# Milky/cloudy mineral oil - OK to use?



## ErrantDabbler (Dec 21, 2017)

Hi All,

I recently picked up a bottle of mineral oil (SamaN brand "Classic Oil & Conditioner For Butcher Block") for finishing a couple of bbq brushes.

I was surprised to find the oil milky-white in colour, as I was expecting it to be completely clear. I would have assumed that there is an additive causing the cloudiness, except that the bottle claims to be "100% pure and natural mineral oil".

It does seem to go on fine and there is nothing left on the cloth or wood after application (other than the expected oily surface) - no white flakes or anything.

I thought maybe it was due to the oil being in a cool garage. Bringing it inside and letting it get to room temperature overnight, however, made no difference.

This is my first time using this product (and mineral oil in general). Is the look of this oil abnormal? Can I still expect it to be food-safe?

Thanks!

Dave


----------



## John Smith_inFL (Dec 15, 2017)

*was it clear when you bought it ???*

Saman Company is in Canada: 800-692-3662 if you really want to be sure of your product.

having seen a lot of wood oils - I have never seen one go milky in the jar.
does it have a date somewhere on the bottle ?

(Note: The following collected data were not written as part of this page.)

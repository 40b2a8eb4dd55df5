//! The tests of trace_audit, replay_node, cluster_replay, linearizability, schedule_replay, zen_app. They stand apart, so that a check of one of
//! these, or of what stands on it, does not prove them again.
#![tactic(auto)]

#[cfg(test)]
mod cluster_replay_tests;
#[cfg(test)]
mod linearizability_tests;
#[cfg(test)]
mod replay_node_tests;
#[cfg(test)]
mod schedule_replay_laws_tests;
#[cfg(test)]
mod schedule_replay_tests;
#[cfg(test)]
mod trace_audit_tests;
#[cfg(test)]
mod zen_app_tests;
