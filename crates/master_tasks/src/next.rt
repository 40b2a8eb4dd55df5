//! What comes of a leader's tasks: nothing, or a next state.
use crate::replies::Replies;
use crate::waiting::Waiting;
use cluster_state::ClusterValue;
use voting_config::IdList;

/// What comes of a leader's tasks.
#[derive(Drop)]
pub enum Next {
    /// The accepted state stays: nothing is new.
    Same(Replies),
    /// There is a state to publish, with this configuration and this value.
    New {
        config: IdList,
        value: ClusterValue,
        replies: Replies,
    },
}

/// What comes of a leader's tasks, and the requests that wait on after it.
#[derive(Drop)]
pub struct Prepared {
    pub next: Next,
    pub waiting: Vec<Waiting>,
}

for me personally, the risk of it being spoiled outweighs the price of a new bottle. (of a different brand).


----------



## ErrantDabbler (Dec 21, 2017)

Hi John,

Thanks for the reply! I just called Saman and they told me that this is how the product should look.

Cheers,
Dave


----------



## John Smith_inFL (Dec 15, 2017)

*good to hear !!*
now you can put the fears of making someone sick to rest and move on
to your beautiful projects !!


----------



## LittleShaver (Sep 14, 2016)

Too late now, but when I want mineral oil, I buy it at the drug store or supermarket. Cost is minimal and it is sold as a laxative, so it is definitely food safe.
I sometime add bees wax, but found some on Amazon that is cosmetic grade, so it should also be food safe.


----------